Your goal → Show all lines containing "Naming" from the data below.

Raw data →
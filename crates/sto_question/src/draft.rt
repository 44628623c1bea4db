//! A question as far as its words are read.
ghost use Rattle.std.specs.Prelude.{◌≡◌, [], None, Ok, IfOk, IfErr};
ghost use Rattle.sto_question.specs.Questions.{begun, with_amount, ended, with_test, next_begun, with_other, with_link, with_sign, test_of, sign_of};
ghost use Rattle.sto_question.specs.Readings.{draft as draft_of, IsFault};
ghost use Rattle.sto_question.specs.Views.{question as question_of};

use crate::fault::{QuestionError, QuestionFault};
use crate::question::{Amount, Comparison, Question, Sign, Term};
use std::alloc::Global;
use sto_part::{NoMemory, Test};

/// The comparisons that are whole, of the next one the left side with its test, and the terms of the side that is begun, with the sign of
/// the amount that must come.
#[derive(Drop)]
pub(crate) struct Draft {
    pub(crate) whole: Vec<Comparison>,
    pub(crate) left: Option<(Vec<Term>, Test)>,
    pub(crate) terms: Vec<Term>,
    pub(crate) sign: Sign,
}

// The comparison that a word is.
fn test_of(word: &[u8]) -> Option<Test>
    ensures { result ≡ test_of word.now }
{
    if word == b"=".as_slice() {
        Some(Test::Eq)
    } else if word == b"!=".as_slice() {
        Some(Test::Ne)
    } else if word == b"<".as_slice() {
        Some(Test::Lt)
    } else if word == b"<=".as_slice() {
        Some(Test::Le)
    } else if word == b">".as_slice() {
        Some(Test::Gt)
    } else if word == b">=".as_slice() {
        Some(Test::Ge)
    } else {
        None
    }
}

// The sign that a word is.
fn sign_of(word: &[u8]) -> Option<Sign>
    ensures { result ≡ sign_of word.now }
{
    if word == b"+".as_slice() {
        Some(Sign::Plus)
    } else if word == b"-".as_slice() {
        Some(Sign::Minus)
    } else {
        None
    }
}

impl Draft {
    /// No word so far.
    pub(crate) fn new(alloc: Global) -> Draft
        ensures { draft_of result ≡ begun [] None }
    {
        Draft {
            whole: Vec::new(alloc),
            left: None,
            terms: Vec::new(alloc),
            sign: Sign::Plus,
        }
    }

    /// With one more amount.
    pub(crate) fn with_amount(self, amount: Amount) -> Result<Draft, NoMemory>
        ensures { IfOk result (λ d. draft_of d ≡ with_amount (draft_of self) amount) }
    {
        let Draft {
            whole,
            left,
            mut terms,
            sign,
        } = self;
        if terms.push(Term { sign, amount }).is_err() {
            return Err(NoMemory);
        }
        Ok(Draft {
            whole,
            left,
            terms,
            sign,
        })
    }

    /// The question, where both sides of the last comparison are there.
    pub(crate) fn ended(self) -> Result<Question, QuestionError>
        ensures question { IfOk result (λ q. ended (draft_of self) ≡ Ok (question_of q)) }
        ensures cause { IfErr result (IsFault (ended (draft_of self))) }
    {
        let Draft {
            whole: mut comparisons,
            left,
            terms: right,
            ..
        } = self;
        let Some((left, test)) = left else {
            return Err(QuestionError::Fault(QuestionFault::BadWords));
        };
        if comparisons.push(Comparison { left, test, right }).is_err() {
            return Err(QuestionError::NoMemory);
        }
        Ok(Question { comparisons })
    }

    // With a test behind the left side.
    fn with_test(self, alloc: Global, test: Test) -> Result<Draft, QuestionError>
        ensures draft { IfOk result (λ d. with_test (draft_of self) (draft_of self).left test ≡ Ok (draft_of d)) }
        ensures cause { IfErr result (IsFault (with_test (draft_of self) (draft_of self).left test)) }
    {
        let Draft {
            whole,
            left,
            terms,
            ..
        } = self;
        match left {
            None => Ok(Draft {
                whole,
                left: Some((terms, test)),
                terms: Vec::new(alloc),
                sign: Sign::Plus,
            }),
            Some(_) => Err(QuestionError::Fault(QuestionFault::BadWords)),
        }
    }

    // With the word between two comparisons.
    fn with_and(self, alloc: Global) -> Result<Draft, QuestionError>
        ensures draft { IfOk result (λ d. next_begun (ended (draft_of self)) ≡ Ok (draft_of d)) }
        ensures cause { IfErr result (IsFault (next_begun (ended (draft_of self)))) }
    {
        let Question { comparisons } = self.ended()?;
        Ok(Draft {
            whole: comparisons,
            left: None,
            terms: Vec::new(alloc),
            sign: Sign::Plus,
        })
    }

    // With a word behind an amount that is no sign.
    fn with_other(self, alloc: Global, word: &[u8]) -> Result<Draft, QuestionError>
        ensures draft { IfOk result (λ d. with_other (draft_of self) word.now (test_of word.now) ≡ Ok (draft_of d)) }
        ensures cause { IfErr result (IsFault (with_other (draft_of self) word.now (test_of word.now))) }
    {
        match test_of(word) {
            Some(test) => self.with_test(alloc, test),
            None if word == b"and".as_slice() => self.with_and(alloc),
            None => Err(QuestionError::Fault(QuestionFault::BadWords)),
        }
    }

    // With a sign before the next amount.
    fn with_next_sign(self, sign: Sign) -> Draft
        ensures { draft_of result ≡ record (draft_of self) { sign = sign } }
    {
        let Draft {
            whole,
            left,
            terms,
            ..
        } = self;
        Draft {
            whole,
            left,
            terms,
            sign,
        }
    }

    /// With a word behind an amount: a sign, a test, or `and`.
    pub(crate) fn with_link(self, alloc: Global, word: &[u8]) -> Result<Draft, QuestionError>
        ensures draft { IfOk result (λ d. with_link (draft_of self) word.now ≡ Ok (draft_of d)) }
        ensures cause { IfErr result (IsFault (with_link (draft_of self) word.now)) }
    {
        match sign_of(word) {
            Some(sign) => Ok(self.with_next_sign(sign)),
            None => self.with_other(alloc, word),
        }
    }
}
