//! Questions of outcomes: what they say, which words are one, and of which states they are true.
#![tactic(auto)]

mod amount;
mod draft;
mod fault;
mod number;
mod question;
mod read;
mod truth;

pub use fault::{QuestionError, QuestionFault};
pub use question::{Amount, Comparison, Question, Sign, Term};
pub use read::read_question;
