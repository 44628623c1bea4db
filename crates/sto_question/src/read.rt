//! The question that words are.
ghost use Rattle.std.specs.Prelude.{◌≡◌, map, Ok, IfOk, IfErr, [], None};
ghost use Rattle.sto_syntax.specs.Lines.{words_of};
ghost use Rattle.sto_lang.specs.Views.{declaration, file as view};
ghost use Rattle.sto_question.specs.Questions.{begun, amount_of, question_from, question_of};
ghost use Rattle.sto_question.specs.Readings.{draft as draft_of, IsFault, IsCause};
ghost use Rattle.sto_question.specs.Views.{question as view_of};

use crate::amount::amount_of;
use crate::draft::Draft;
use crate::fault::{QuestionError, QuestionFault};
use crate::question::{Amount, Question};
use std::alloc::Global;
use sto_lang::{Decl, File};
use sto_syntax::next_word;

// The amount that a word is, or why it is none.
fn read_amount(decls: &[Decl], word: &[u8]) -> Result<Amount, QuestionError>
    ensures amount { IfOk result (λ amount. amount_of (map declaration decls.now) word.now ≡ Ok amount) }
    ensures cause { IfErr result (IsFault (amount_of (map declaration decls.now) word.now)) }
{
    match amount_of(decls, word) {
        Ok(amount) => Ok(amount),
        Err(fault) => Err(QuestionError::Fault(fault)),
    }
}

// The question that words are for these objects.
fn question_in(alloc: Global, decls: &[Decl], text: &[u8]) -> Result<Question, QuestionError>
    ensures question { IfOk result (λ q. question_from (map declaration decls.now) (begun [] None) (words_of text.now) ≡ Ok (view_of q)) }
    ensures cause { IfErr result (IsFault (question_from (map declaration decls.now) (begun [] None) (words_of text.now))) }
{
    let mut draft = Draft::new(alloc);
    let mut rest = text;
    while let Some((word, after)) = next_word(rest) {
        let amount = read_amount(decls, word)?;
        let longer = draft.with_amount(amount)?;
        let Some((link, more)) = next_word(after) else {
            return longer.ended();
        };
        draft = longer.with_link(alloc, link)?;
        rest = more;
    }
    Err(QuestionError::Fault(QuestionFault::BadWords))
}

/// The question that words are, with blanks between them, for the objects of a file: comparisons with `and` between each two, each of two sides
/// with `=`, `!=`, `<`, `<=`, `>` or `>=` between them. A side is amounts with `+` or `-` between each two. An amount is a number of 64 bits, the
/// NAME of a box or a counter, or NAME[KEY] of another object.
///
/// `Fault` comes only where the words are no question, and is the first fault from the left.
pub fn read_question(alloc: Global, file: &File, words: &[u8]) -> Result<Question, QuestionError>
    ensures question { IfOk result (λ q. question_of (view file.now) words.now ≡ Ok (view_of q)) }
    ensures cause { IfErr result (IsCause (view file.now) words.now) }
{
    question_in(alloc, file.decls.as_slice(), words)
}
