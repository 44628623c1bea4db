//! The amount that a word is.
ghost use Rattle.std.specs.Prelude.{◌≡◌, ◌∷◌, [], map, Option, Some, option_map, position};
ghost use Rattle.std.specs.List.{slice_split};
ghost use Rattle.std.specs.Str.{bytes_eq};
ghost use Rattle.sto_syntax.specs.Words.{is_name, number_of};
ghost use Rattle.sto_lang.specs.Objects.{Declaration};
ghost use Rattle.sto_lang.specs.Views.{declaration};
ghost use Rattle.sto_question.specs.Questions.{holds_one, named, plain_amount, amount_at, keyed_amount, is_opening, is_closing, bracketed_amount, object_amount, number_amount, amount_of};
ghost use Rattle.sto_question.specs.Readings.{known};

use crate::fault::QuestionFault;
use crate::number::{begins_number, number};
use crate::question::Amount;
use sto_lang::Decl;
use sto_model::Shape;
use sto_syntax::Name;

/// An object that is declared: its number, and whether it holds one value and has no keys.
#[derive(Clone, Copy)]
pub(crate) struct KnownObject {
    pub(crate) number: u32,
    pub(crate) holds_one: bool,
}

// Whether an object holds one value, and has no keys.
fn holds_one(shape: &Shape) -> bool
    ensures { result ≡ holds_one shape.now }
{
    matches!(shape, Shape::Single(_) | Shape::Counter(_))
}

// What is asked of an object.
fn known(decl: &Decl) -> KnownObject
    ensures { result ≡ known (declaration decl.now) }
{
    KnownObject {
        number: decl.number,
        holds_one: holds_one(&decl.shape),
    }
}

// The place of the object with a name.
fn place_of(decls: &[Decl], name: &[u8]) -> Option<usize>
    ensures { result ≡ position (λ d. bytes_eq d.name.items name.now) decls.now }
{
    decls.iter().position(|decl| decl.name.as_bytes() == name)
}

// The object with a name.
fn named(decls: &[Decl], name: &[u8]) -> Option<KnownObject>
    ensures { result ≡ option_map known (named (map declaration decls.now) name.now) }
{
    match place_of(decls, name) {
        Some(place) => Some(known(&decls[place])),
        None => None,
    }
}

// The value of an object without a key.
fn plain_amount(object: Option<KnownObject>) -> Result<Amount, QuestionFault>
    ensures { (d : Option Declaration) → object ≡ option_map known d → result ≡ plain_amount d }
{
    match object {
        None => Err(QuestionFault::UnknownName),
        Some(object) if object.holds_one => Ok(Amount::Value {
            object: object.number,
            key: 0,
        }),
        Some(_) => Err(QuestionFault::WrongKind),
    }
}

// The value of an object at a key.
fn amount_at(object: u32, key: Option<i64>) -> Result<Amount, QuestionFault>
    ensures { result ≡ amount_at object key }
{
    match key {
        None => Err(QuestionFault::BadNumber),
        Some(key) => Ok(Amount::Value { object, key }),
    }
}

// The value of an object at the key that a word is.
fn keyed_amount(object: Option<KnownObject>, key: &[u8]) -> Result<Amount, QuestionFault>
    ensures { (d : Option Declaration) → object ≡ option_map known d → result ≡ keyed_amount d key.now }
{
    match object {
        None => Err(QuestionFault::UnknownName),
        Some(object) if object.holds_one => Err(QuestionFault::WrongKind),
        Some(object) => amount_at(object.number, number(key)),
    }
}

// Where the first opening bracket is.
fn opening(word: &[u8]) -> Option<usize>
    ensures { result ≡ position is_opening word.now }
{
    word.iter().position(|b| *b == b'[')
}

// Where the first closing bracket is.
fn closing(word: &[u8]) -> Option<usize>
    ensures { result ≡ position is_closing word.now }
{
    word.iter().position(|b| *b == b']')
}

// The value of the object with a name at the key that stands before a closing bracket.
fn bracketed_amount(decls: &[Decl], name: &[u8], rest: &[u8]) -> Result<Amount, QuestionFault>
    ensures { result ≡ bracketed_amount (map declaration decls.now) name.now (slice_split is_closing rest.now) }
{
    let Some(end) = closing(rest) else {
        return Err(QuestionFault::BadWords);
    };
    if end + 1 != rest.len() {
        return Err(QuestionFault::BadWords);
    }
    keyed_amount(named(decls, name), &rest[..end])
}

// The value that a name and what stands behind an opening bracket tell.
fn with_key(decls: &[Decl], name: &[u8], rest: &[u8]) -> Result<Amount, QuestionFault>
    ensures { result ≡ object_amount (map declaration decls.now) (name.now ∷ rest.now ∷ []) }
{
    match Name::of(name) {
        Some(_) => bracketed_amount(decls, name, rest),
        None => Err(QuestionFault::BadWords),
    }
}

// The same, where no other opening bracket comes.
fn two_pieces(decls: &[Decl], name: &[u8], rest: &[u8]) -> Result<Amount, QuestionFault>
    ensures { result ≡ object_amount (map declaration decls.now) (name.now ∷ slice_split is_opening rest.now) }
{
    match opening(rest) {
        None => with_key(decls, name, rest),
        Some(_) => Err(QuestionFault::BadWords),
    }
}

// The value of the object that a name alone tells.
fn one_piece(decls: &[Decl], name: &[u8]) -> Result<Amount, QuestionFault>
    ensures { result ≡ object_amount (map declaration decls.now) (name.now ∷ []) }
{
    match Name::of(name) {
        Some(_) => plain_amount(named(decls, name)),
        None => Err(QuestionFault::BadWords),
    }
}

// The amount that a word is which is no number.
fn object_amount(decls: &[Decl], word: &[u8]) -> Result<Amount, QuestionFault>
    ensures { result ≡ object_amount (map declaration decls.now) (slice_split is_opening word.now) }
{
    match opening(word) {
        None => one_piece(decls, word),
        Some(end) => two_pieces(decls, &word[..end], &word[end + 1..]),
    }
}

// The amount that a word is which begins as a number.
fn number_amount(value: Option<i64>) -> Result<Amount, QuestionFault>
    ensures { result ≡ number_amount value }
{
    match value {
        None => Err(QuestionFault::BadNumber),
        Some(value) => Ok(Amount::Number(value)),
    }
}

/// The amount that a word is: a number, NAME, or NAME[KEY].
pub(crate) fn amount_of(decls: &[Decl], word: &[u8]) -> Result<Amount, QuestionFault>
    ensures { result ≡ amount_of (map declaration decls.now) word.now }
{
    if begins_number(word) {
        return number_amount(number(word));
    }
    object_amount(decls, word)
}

--

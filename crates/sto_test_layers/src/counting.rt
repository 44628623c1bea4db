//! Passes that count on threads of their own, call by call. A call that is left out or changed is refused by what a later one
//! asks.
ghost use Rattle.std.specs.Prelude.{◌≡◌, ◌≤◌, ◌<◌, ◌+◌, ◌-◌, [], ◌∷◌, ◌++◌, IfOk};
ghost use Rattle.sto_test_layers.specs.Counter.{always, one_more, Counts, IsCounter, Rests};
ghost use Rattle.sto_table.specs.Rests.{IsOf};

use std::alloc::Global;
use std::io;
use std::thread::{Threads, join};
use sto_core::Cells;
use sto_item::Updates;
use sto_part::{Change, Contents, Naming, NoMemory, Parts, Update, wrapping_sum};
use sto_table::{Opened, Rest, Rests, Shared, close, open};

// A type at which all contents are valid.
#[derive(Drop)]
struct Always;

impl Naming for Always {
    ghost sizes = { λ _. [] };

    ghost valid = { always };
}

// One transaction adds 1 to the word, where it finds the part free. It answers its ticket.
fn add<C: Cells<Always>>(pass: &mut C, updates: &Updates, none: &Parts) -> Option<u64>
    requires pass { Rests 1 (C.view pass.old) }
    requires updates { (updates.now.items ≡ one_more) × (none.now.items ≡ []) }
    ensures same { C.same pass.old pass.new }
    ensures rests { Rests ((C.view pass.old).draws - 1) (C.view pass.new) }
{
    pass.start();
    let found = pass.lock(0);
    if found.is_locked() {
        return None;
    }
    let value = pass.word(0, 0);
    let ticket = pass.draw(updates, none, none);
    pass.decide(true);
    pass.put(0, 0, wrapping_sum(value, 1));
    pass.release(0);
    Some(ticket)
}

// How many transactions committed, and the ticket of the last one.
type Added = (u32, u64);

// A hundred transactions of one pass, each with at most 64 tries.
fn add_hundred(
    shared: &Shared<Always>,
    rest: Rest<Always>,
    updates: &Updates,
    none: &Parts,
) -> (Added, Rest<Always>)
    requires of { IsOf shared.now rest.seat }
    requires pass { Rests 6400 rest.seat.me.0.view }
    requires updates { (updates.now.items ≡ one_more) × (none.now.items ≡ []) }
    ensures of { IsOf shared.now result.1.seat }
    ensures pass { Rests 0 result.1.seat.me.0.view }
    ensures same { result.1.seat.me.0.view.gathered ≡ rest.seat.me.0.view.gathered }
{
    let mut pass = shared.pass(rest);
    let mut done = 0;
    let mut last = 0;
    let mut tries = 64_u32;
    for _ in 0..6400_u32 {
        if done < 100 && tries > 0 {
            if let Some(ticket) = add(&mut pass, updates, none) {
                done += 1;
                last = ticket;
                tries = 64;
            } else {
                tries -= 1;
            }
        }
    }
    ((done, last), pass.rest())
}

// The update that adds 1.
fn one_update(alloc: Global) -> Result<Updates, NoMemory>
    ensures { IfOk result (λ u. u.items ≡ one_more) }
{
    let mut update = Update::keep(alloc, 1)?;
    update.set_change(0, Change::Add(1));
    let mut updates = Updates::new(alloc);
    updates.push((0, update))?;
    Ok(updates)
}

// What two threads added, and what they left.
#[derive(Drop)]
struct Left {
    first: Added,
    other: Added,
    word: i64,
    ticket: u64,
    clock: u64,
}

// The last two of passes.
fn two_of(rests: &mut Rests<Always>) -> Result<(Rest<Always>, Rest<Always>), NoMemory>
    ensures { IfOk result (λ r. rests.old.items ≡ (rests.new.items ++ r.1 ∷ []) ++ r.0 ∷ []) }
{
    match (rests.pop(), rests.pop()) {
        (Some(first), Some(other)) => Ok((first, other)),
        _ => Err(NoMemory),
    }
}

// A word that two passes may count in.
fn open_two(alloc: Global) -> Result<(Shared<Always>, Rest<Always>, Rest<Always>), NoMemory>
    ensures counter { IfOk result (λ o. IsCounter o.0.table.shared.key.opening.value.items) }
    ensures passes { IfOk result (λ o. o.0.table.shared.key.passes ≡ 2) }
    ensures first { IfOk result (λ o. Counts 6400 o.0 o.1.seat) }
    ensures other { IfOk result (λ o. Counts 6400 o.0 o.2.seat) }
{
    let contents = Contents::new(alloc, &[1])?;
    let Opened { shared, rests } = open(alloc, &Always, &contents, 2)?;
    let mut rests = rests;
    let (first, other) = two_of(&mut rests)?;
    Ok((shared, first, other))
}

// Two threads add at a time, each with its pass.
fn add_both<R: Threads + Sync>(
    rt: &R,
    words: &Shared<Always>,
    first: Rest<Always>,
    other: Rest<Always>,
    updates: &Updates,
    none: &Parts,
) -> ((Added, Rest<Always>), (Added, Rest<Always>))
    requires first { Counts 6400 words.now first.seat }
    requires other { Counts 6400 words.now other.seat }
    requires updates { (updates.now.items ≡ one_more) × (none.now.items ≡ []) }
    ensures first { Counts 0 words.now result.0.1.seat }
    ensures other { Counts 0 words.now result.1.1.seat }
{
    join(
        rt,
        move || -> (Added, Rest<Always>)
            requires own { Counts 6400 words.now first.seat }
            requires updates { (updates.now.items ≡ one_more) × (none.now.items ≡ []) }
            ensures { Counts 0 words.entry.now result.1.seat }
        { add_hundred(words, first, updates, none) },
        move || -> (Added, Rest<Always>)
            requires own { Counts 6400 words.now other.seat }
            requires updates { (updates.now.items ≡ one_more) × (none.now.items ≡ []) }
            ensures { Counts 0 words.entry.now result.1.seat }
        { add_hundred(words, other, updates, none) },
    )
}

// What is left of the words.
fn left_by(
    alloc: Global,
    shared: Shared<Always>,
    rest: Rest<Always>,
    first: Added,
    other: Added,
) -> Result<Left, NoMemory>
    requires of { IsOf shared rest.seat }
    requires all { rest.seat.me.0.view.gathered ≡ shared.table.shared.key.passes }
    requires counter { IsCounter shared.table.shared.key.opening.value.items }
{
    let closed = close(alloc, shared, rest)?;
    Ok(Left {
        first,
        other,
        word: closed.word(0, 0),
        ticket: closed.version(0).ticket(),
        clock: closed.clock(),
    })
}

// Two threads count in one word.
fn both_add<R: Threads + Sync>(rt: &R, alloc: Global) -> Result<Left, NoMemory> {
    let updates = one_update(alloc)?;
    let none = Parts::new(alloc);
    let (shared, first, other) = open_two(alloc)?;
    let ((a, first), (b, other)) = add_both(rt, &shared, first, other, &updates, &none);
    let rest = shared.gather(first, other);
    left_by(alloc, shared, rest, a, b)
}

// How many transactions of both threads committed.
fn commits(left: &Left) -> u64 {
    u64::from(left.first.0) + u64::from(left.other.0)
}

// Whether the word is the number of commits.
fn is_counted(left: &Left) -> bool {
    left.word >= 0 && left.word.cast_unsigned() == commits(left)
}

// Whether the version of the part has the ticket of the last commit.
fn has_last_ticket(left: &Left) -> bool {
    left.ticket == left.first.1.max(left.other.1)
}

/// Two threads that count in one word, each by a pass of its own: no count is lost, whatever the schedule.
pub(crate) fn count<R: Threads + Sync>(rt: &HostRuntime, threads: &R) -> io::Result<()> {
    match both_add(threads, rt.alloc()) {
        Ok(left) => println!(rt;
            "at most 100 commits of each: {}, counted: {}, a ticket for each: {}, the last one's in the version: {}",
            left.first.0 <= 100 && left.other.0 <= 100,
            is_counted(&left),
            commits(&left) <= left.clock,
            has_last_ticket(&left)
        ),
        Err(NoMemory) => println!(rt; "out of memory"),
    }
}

Solved problem →
use sto_part::{Change, Contents, Naming, NoMemory, Parts, Update, wrapping_sum};
impl Naming for Always {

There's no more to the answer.